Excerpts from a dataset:
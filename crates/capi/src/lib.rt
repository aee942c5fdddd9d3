//! The calls of words, activity, masks, grids, run_ends and dispatch as functions that C and Rust link. Records are passed as numbers, a
//! slice as its pointer and its number of elements; include/poruwhina.h declares all the functions.
//!
//! Each export makes the call's records from its numbers, makes the call, and makes numbers from the answer; only combinations of masks
//! that lie in eight bytes each are made here, without records (`short`). Each call has an export of its own, since C links names: so there
//! are several exports of one shape. What belongs together, as a mask and its bytes or a cursor's numbers, is passed as several parameters,
//! as the C interface has it.
#![tactic(auto)]

pub mod answers;
pub mod at_index;
pub mod builder;
pub mod chunks;
pub mod combine;
pub mod cursors;
pub mod grid;
pub mod interface;
pub mod mask;
pub mod next_and_not;
pub mod offer;
pub mod reassign;
pub mod records;
pub mod run_end;
pub mod search;
mod short;
pub mod spans;
pub mod superseding;
pub mod walks;
pub mod window;
pub mod word;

## Problem to solve
Nothing but the lines from the one that contains "pub mod records;" through the end of the data above should appear, each reproduced exactly.

## Answer to the exercise
pub mod records;
pub mod run_end;
pub mod search;
mod short;
pub mod spans;
pub mod superseding;
pub mod walks;
pub mod window;
pub mod word;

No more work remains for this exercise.